_Exercise directions_
Set out exactly, line by line, the stretch of data below that begins at the line containing "let mut records = Records::new(rt.alloc(), 0);" and ends at the line containing "let mut records = Records::new(rt.alloc(), 2);", with both ends kept.

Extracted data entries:
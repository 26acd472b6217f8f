//! Records by number.

use std::test::Fail;
use vx_records::Records;

#[test]
fn numbers_rise_from_zero(rt: HostRuntime) -> Result<(), Fail> {
    let mut records = Records::new(rt.alloc(), 4);
    let first = records.add(b"abcd")?;
    let second = records.add(b"efgh")?;
    assert_eq!(rt; first, 0);
    assert_eq!(rt; second, 1);
    assert_eq!(rt; records.numbers(), 2);
    assert_eq!(rt; records.body(first), b"abcd".as_slice());
    assert_eq!(rt; records.body(second), b"efgh".as_slice());
    Ok(())
}

#[test]
fn the_number_that_was_erased_last_is_used_first(rt: HostRuntime) -> Result<(), Fail> {
    let mut records = Records::new(rt.alloc(), 1);
    let first = records.add(b"a")?;
    let second = records.add(b"b")?;
    records.erase(second);
    records.erase(first);
    assert!(rt; !records.is_live(first));
    assert_eq!(rt; records.add(b"c"), Ok(0));
    assert_eq!(rt; records.add(b"d"), Ok(1));
    assert_eq!(rt; records.add(b"e"), Ok(2));
    assert_eq!(rt; records.held(), 4_096);
    Ok(())
}

#[test]
fn a_number_used_again_leads_to_none_and_is_unmatched(rt: HostRuntime) -> Result<(), Fail> {
    let mut records = Records::new(rt.alloc(), 0);
    let first = records.add(b"")?;
    records.set_next(first, Some(7));
    records.set_matched(first);
    records.erase(first);
    let again = records.add(b"")?;
    assert_eq!(rt; again, first);
    assert_eq!(rt; records.next(again), None);
    assert!(rt; !records.matched(again));
    Ok(())
}

#[test]
fn link_and_mark_stay_over_a_write(rt: HostRuntime) -> Result<(), Fail> {
    let mut records = Records::new(rt.alloc(), 5);
    let first = records.add(b"abcde")?;
    records.set_matched(first);
    records.set_next(first, Some(3));
    records.write(first, 1, b"xy");
    assert_eq!(rt; records.next(first), Some(3));
    assert!(rt; records.matched(first));
    assert_eq!(rt; records.body(first), b"axyde".as_slice());
    Ok(())
}

#[test]
fn a_chunk_is_added_where_the_last_is_full(rt: HostRuntime) -> Result<(), Fail> {
    let mut records = Records::new(rt.alloc(), 2_040);
    let body = [7u8; 2_040];
    assert_eq!(rt; records.held(), 0);
    records.add(&body)?;
    let last = records.add(&body)?;
    assert_eq!(rt; records.held(), 4_096);
    let first = records.add(&[1u8; 2_040])?;
    assert_eq!(rt; records.held(), 8_192);
    records.write(first, 0, b"front");
    assert_eq!(rt; records.body(last), body.as_slice());
    Ok(())
}

#[test]
fn a_record_may_fill_a_chunk(rt: HostRuntime) -> Result<(), Fail> {
    let mut records = Records::new(rt.alloc(), 4_088);
    records.add(&[1u8; 4_088])?;
    let second = records.add(&[2u8; 4_088])?;
    records.write(second, 4_087, b"z");
    assert_eq!(rt; records.held(), 8_192);
    assert_eq!(rt; records.body(second)[4_087], b'z');
    Ok(())
}

#[test]
fn records_that_are_cleared_hold_nothing(rt: HostRuntime) -> Result<(), Fail> {
    let mut records = Records::new(rt.alloc(), 2);
    let first = records.add(b"ab")?;
    records.erase(first);
    records.clear();
    assert_eq!(rt; records.held(), 0);
    assert_eq!(rt; records.numbers(), 0);
    assert_eq!(rt; records.add(b"cd"), Ok(0));
    assert_eq!(rt; records.numbers(), 1);
    Ok(())
}
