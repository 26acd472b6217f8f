//! The live jobs, the admissions, and the request that stands.
ghost use Rattle.std.specs.Prelude.{◌≡◌, ◌==◌, position};
ghost use Rattle.vx_arb.specs.Rows.{is_live, capacity_at, max_at, max_in, with_capacity, without, is_largest, one_less};

/// A live job, with the greatest capacity that it may have and the one that it has, in bytes.
#[derive(Clone, Copy, Debug, PartialEq, Eq)]
pub struct Live {
    pub job: u32,
    pub max: u64,
    pub capacity: u64,
}

/// An admission of a job.
#[derive(Clone, Copy, Debug, PartialEq, Eq)]
pub struct Admitted {
    pub job: u32,
    pub max: u64,
    /// The length of the log at the admission.
    pub at: u64,
}

/// The request that stands.
#[derive(Clone, Copy, Debug, PartialEq, Eq)]
pub struct Standing {
    pub number: u64,
    pub job: u32,
    /// The capacity that the job lacks, and the capacity that it would have with it.
    pub need: u64,
    pub would: u64,
    /// How many more shrinks and reclaims the request may make.
    pub left: u64,
}

// Where the row of a job stands.
fn place_of(live: &[Live], job: u32) -> Option<usize>
    ensures { result ≡ position (λ (row : Live). row.job == job) live.now }
{
    live.iter().position(|row| row.job == job)
}

pub fn holds_job(live: &[Live], job: u32) -> bool
    ensures { result ≡ is_live live.now job }
{
    live.iter().any(|row| row.job == job)
}

pub fn capacity_in(live: &[Live], job: u32) -> u64
    ensures { result ≡ capacity_at live.now job }
{
    match place_of(live, job) {
        Some(place) => live[place].capacity,
        None => 0,
    }
}

pub fn max_where_live(live: &[Live], job: u32) -> Option<u64>
    ensures { result ≡ max_at live.now job }
{
    match place_of(live, job) {
        Some(place) => Some(live[place].max),
        None => None,
    }
}

pub fn max_for(live: &[Live], job: u32) -> u64
    ensures { result ≡ max_in live.now job }
{
    max_where_live(live, job).unwrap_or(0)
}

pub fn set_capacity(live: &mut Vec<Live>, job: u32, capacity: u64)
    ensures { live.new.items ≡ with_capacity live.old.items job capacity }
{
    if let Some(place) = place_of(live, job) {
        live[place].capacity = capacity;
    }
}

pub fn take_out(live: &mut Vec<Live>, job: u32)
    ensures { live.new.items ≡ without live.old.items job }
{
    if let Some(place) = place_of(live, job) {
        live.remove(place);
    }
}

// Whether the job has the largest capacity, and among equals the greatest number.
pub fn has_largest(live: &[Live], job: u32) -> bool
    ensures { result ≡ is_largest live.now job }
{
    let capacity = capacity_in(live, job);
    live.iter().all(|row| row.capacity < capacity || (row.capacity == capacity && row.job <= job))
}

pub fn with_one_less(standing: Option<Standing>) -> Option<Standing>
    ensures { result ≡ one_less standing }
{
    let standing = standing?;
    Some(Standing {
        left: standing.left.saturating_sub(1),
        ..standing
    })
}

_Output of the task_
    let mut records = Records::new(rt.alloc(), 0);
    let first = records.add(b"")?;
    records.set_next(first, Some(7));
    records.set_matched(first);
    records.erase(first);
    let again = records.add(b"")?;
    assert_eq!(rt; again, first);
    assert_eq!(rt; records.next(again), None);
    assert!(rt; !records.matched(again));
    Ok(())
}

#[test]
fn link_and_mark_stay_over_a_write(rt: HostRuntime) -> Result<(), Fail> {
    let mut records = Records::new(rt.alloc(), 5);
    let first = records.add(b"abcde")?;
    records.set_matched(first);
    records.set_next(first, Some(3));
    records.write(first, 1, b"xy");
    assert_eq!(rt; records.next(first), Some(3));
    assert!(rt; records.matched(first));
    assert_eq!(rt; records.body(first), b"axyde".as_slice());
    Ok(())
}

#[test]
fn a_chunk_is_added_where_the_last_is_full(rt: HostRuntime) -> Result<(), Fail> {
    let mut records = Records::new(rt.alloc(), 2_040);
    let body = [7u8; 2_040];
    assert_eq!(rt; records.held(), 0);
    records.add(&body)?;
    let last = records.add(&body)?;
    assert_eq!(rt; records.held(), 4_096);
    let first = records.add(&[1u8; 2_040])?;
    assert_eq!(rt; records.held(), 8_192);
    records.write(first, 0, b"front");
    assert_eq!(rt; records.body(last), body.as_slice());
    Ok(())
}

#[test]
fn a_record_may_fill_a_chunk(rt: HostRuntime) -> Result<(), Fail> {
    let mut records = Records::new(rt.alloc(), 4_088);
    records.add(&[1u8; 4_088])?;
    let second = records.add(&[2u8; 4_088])?;
    records.write(second, 4_087, b"z");
    assert_eq!(rt; records.held(), 8_192);
    assert_eq!(rt; records.body(second)[4_087], b'z');
    Ok(())
}

#[test]
fn records_that_are_cleared_hold_nothing(rt: HostRuntime) -> Result<(), Fail> {
    let mut records = Records::new(rt.alloc(), 2);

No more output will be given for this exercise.